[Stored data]
==============================
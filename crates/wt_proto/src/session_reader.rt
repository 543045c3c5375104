//! The reader of a session's part of its stream (draft-ietf-webtrans-http3, section 5).
ghost use Rattle.std.specs.Prelude.{◌≡◌, ◌≤◌, ◌<◌, ◌+◌, ℕ, [], ◌++◌, List, None, length, take, IfOk, OnErr, is_some, true, false};
ghost use Rattle.wt_proto.specs.SessionWalk.{is_over, session_walk_of};
ghost use Rattle.wt_proto.specs.Cursor.{IsPlaced, progress_of};
ghost use Rattle.wt_proto.specs.SessionReading.{IsSessionPlaced, SessionAdvancesSome, fault_found, is_closed_by_capsule, payload_found, session_value, unfinished_in};
ghost use Rattle.wt_proto.specs.WalkProgress.{reached_in};
ghost use Rattle.wt_proto.specs.SessionReader.{HasReadSession, SessionAdvances, header_decides, session_ended, session_fed, session_reader, session_said, stop_in, with_frames};
ghost use Rattle.wt_wire.specs.declared.side.StreamEnd.{StreamEnd};
ghost use Rattle.wt_wire.specs.declared.side.StreamEnd.TheVariants.{Running};

use crate::cursor::{Cursor, advance};
use crate::session_walk::{
    Capsules, FrameHeaders, FrameSays, SessionWalk, at_session_end, is_over,
};
use crate::steps::Steps;
use std::alloc::Global;
use std::marker::Model;
use std::sync::ledger::Ledger;
use wt_wire::error::{ErrorCode, OutOfMemory};
use wt_wire::side::StreamEnd;

/// Where the two walks over a session's stream stand.
#[derive(Drop)]
struct Walks {
    frames: Cursor<(), FrameSays>,
    /// So many bytes of a DATA frame's payload are to come.
    data_left: u64,
    capsules: Cursor<(), SessionWalk>,
    end: StreamEnd,
}

impl Walks {
    /// Whether a capsule or a frame stopped them.
    fn is_stopped(&self) -> bool
        requires { IsSessionPlaced self.now }
        ensures { result ≡ is_some (stop_in (session_value self.now)) }
    {
        self.capsules.is_over() || self.frames.is_over()
    }

    /// How long a payload is whose header the frames stopped at.
    fn found_payload(&self) -> Option<u64>
        requires { IsPlaced header_decides self.now.frames }
        ensures { result ≡ payload_found (reached_in (progress_of self.now.frames)).stop }
    {
        match &self.frames.stop {
            Some(frame) if self.frames.skip == 0 => frame.payload(),
            _ => None,
        }
    }

    /// The fault that the frames stopped with.
    fn found_fault(&self) -> Option<ErrorCode>
        requires { IsPlaced header_decides self.now.frames }
        ensures { result ≡ fault_found (reached_in (progress_of self.now.frames)).stop }
    {
        match &self.frames.stop {
            Some(frame) if self.frames.skip == 0 => frame.fault(),
            _ => None,
        }
    }

    /// Where the frames stopped at the header of DATA its payload follows, and their walk begins anew behind it.
    fn enter_payload(&mut self)
        requires { IsPlaced header_decides self.old.frames }
        ensures value { session_value self.new ≡ with_frames (session_value self.old) (progress_of self.old.frames) }
        ensures placed { IsPlaced header_decides self.new.frames }
        ensures capsules { self.new.capsules ≡ self.old.capsules }
    {
        if let Some(size) = self.found_payload() {
            self.data_left = size;
            self.frames.stop = None;
        }
    }

    /// Some bytes of a payload, no more than are to come: the capsules take them.
    fn take_payload(&mut self, piece: &[u8]) -> Result<usize, OutOfMemory>
        requires placed { IsSessionPlaced self.old }
        requires goes { stop_in (session_value self.old) ≡ None }
        requires inside { 0 < self.old.data_left }
        requires some { 0 < length piece.now }
        ensures advances { IfOk result (λ n. SessionAdvances (session_value self.old) (session_value self.new) piece.now n) }
        ensures placed { IsSessionPlaced self.new }
        ensures some { IfOk result (λ n. 1 ≤ n) }
        ensures lost { OnErr result (session_value self.new ≡ session_value self.old) }
    {
        let count = self.data_left.min(piece.len() as u64) as usize;
        let taken = advance::<Capsules>(&mut self.capsules, &piece[..count])?;
        self.data_left -= taken as u64;
        Ok(taken)
    }

    /// Some bytes of frames, up to the header of DATA.
    fn take_frames(&mut self, piece: &[u8]) -> Result<usize, OutOfMemory>
        requires placed { IsSessionPlaced self.old }
        requires goes { stop_in (session_value self.old) ≡ None }
        requires between { self.old.data_left ≡ 0 }
        requires some { 0 < length piece.now }
        ensures advances { IfOk result (λ n. SessionAdvances (session_value self.old) (session_value self.new) piece.now n) }
        ensures placed { IsSessionPlaced self.new }
        ensures some { IfOk result (λ n. 1 ≤ n) }
        ensures lost { OnErr result (session_value self.new ≡ session_value self.old) }
    {
        let taken = advance::<FrameHeaders>(&mut self.frames, piece)?;
        self.enter_payload();
        Ok(taken)
    }

    /// Some bytes of a piece, of which there are some: those of a payload, or of frames.
    fn take_some(&mut self, piece: &[u8]) -> Result<usize, OutOfMemory>
        requires placed { IsSessionPlaced self.old }
        requires goes { stop_in (session_value self.old) ≡ None }
        requires some { 0 < length piece.now }
        ensures advances { IfOk result (λ n. SessionAdvances (session_value self.old) (session_value self.new) piece.now n) }
        ensures placed { IsSessionPlaced self.new }
        ensures some { IfOk result (λ n. 1 ≤ n) }
        ensures lost { OnErr result (session_value self.new ≡ session_value self.old) }
    {
        if self.data_left > 0 {
            self.take_payload(piece)
        } else {
            self.take_frames(piece)
        }
    }

    /// Bytes of the piece up to the one that stops the walks, else all of them.
    fn take_piece(&mut self, piece: &[u8]) -> Result<usize, OutOfMemory>
        requires { IsSessionPlaced self.old }
        ensures advances { IfOk result (λ n. SessionAdvances (session_value self.old) (session_value self.new) piece.now n) }
        ensures placed { IsSessionPlaced self.new }
        ensures all { IfOk result (λ n. n < length piece.now → is_some (stop_in (session_value self.new)) ≡ true) }
        ensures lost { OnErr result (SessionAdvancesSome (session_value self.old) (session_value self.new) piece.now) }
    {
        let mut taken = 0;
        while taken < piece.len() && !self.is_stopped() {
            match self.take_some(&piece[taken..]) {
                Ok(n) => taken += n,
                Err(error) => return Err(error),
            }
        }
        Ok(taken)
    }

    /// What they say where no capsule stopped them.
    fn unfinished(&self, alloc: Global) -> SessionWalk
        requires { IsSessionPlaced self.now }
        ensures { result ≡ unfinished_in (session_value self.now) }
    {
        let between_frames = self.data_left == 0 && self.frames.is_between();
        match self.found_fault() {
            Some(code) => SessionWalk::Fault(code),
            None => at_session_end(alloc, self.end, between_frames, self.capsules.is_between()),
        }
    }
}

/// A reader of a session's stream after the frame that established the session. Two walks take turns: one goes over the frames
/// up to the header of the next DATA frame, the other over the capsules in the joined payloads (RFC 9297, section 3.2). It
/// keeps the front of a frame's header and that of a capsule, which are at most 15 and 1,043 bytes. Contracts see where both
/// walks stand, and the end.
///
/// ```text
/// in front of a frame --the header of DATA--> in a payload --its last byte--> in front of a frame
/// in both: a fault of a frame, or a capsule that ends the session: over
/// ```
#[derive(Drop)]
pub struct SessionReader {
    walks: Walks,
    /// What it says where no capsule stopped it: a fault of a frame, or what the end makes of where it stands.
    unfinished: SessionWalk,
}

impl Model for SessionReader {
    ghost use Rattle.wt_proto.specs.SessionReader as readers;
    ghost use Rattle.wt_proto.specs.SessionReading.{IsSessionReading, session_value};

    ghost Value = { readers.SessionReader };

    ghost view = { λ r. session_value r.walks };

    ghost invariant = { λ r. IsSessionReading r.walks r.unfinished };
}

impl SessionReader {
    /// A reader that took no bytes.
    pub fn for_session(alloc: Global) -> SessionReader
        ensures value { result ≡ session_reader }
        ensures read { HasReadSession result [] Running }
    {
        SessionReader {
            walks: Walks {
                frames: Cursor::at_item(alloc, ()),
                data_left: 0,
                capsules: Cursor::at_item(alloc, ()),
                end: StreamEnd::Running,
            },
            unfinished: SessionWalk::Running,
        }
    }

    /// What a capsule stopped it with, else what it says where none did.
    fn current(&self) -> &SessionWalk
        ensures { result.now ≡ session_said self.now }
    {
        match &self.walks.capsules.stop {
            Some(outcome) if self.walks.capsules.skip == 0 => outcome,
            _ => &self.unfinished,
        }
    }

    /// The same by value.
    fn into_current(self) -> SessionWalk
        ensures { result ≡ session_said self }
    {
        let SessionReader { walks, unfinished } = self;
        let Walks {
            frames: _,
            data_left: _,
            capsules,
            end: _,
        } = walks;
        let Cursor {
            state: _,
            stop,
            skip,
            kept: _,
            wanted: _,
        } = capsules;
        match stop {
            Some(outcome) if skip == 0 => outcome,
            _ => unfinished,
        }
    }

    /// Takes bytes of the piece, and sees what the end makes of where the walks stand then.
    pub(crate) fn take_piece(&mut self, piece: &[u8]) -> Result<usize, OutOfMemory>
        ensures advances { IfOk result (λ n. SessionAdvances self.old self.new piece.now n) }
        ensures running { IfOk result (λ n. 0 < n → is_over (session_said self.old) ≡ false) }
        ensures all { IfOk result (λ n. n < length piece.now → is_over (session_said self.new) ≡ true) }
        ensures lost { OnErr result (SessionAdvancesSome self.old self.new piece.now) }
    {
        // What comes after belongs to nobody.
        if is_over(self.current()) {
            return Ok(0);
        }
        let alloc = *self.walks.capsules.kept.allocator();
        let taken = self.walks.take_piece(piece);
        self.unfinished = self.walks.unfinished(alloc);
        taken
    }

    /// Takes the bytes of the piece up to the one with which the outcome is final, else all of them, and returns how many. It
    /// counts one step. Where memory is short, the reader stands after some first bytes of the piece.
    pub fn feed<L: Ledger>(
        &mut self,
        piece: &[u8],
        steps: &mut Steps<L>,
    ) -> Result<usize, OutOfMemory>
        ensures within { IfOk result (λ n. n ≤ length piece.now) }
        ensures fed { IfOk result (λ n. self.new ≡ session_fed self.old (take n piece.now)) }
        ensures read { (bytes : List ℕ) (end : StreamEnd) → HasReadSession self.old bytes end →
            IfOk result (λ n. HasReadSession self.new (bytes ++ take n piece.now) end) }
        ensures running { (bytes : List ℕ) (end : StreamEnd) (k : ℕ) → HasReadSession self.old bytes end →
            IfOk result (λ n. k < n → is_over (session_walk_of (bytes ++ take k piece.now) end) ≡ false) }
        ensures stopped { (bytes : List ℕ) (end : StreamEnd) → HasReadSession self.old bytes end →
            IfOk result (λ n. n < length piece.now → is_over (session_walk_of (bytes ++ take n piece.now) end) ≡ true) }
        ensures open { (k : ℕ) → IfOk result (λ n. k < n → is_over (session_said (session_fed self.old (take k piece.now))) ≡ false) }
        ensures stops_short { IfOk result (λ n. n < length piece.now → is_over (session_said self.new) ≡ true) }
        ensures idle { is_over (session_said self.old) ≡ true → IfOk result (λ n. n ≡ 0) }
        ensures steps { steps.new ≡ steps.old + 1 }
        ensures lost { OnErr result ((k : ℕ) × (k ≤ length piece.now) × (self.new ≡ session_fed self.old (take k piece.now))) }
    {
        // Read for the proof alone, which takes the reader's invariant from here.
        let _ = &self.unfinished;
        steps.tick();
        self.take_piece(piece)
    }

    /// Notes the end after the bytes that were taken.
    pub fn end(&mut self, end: StreamEnd)
        ensures value { self.new ≡ session_ended end self.old }
        ensures read { (bytes : List ℕ) (before : StreamEnd) → HasReadSession self.old bytes before → HasReadSession self.new bytes end }
    {
        let alloc = *self.walks.capsules.kept.allocator();
        self.walks.end = end;
        self.unfinished = self.walks.unfinished(alloc);
    }

    /// Whether the outcome is final.
    pub fn is_over(&self) -> bool
        ensures { result ≡ is_over (session_said self.now) }
    {
        is_over(self.current())
    }

    /// Whether a capsule closed the session, before any end.
    pub fn is_closed_by_capsule(&self) -> bool
        ensures { result ≡ is_closed_by_capsule self.now }
    {
        match &self.walks.capsules.stop {
            Some(SessionWalk::Closed(_, _)) => self.walks.capsules.skip == 0,
            _ => false,
        }
    }

    /// The outcome of all bytes that were taken and the end.
    pub fn outcome(&self) -> &SessionWalk
        ensures value { result.now ≡ session_said self.now }
        ensures read { (bytes : List ℕ) (end : StreamEnd) → HasReadSession self.now bytes end → result.now ≡ session_walk_of bytes end }
    {
        self.current()
    }

    /// The same by value.
    pub fn into_outcome(self) -> SessionWalk
        ensures value { result ≡ session_said self }
        ensures read { (bytes : List ℕ) (end : StreamEnd) → HasReadSession self bytes end → result ≡ session_walk_of bytes end }
    {
        self.into_current()
    }

    /// How many bytes it keeps: the front of a frame's header, and that of a capsule that isn't decided.
    pub fn kept(&self) -> usize
        ensures bytes { result ≡ length self.now.headers.kept + length self.now.capsules.kept }
        ensures few { result ≤ 1058 }
    {
        self.walks.frames.kept.as_slice().len() + self.walks.capsules.kept.as_slice().len()
    }
}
==============================
[Required action] Given the records above, restate word for word only the lines starting at the one with "ghost use Rattle.wt_proto.specs.SessionReader as" and ending at the one with "n. SessionAdvances self.old".

[Exercise response]
    ghost use Rattle.wt_proto.specs.SessionReader as readers;
    ghost use Rattle.wt_proto.specs.SessionReading.{IsSessionReading, session_value};

    ghost Value = { readers.SessionReader };

    ghost view = { λ r. session_value r.walks };

    ghost invariant = { λ r. IsSessionReading r.walks r.unfinished };
}

impl SessionReader {
    /// A reader that took no bytes.
    pub fn for_session(alloc: Global) -> SessionReader
        ensures value { result ≡ session_reader }
        ensures read { HasReadSession result [] Running }
    {
        SessionReader {
            walks: Walks {
                frames: Cursor::at_item(alloc, ()),
                data_left: 0,
                capsules: Cursor::at_item(alloc, ()),
                end: StreamEnd::Running,
            },
            unfinished: SessionWalk::Running,
        }
    }

    /// What a capsule stopped it with, else what it says where none did.
    fn current(&self) -> &SessionWalk
        ensures { result.now ≡ session_said self.now }
    {
        match &self.walks.capsules.stop {
            Some(outcome) if self.walks.capsules.skip == 0 => outcome,
            _ => &self.unfinished,
        }
    }

    /// The same by value.
    fn into_current(self) -> SessionWalk
        ensures { result ≡ session_said self }
    {
        let SessionReader { walks, unfinished } = self;
        let Walks {
            frames: _,
            data_left: _,
            capsules,
            end: _,
        } = walks;
        let Cursor {
            state: _,
            stop,
            skip,
            kept: _,
            wanted: _,
        } = capsules;
        match stop {
            Some(outcome) if skip == 0 => outcome,
            _ => unfinished,
        }
    }

    /// Takes bytes of the piece, and sees what the end makes of where the walks stand then.
    pub(crate) fn take_piece(&mut self, piece: &[u8]) -> Result<usize, OutOfMemory>
        ensures advances { IfOk result (λ n. SessionAdvances self.old self.new piece.now n) }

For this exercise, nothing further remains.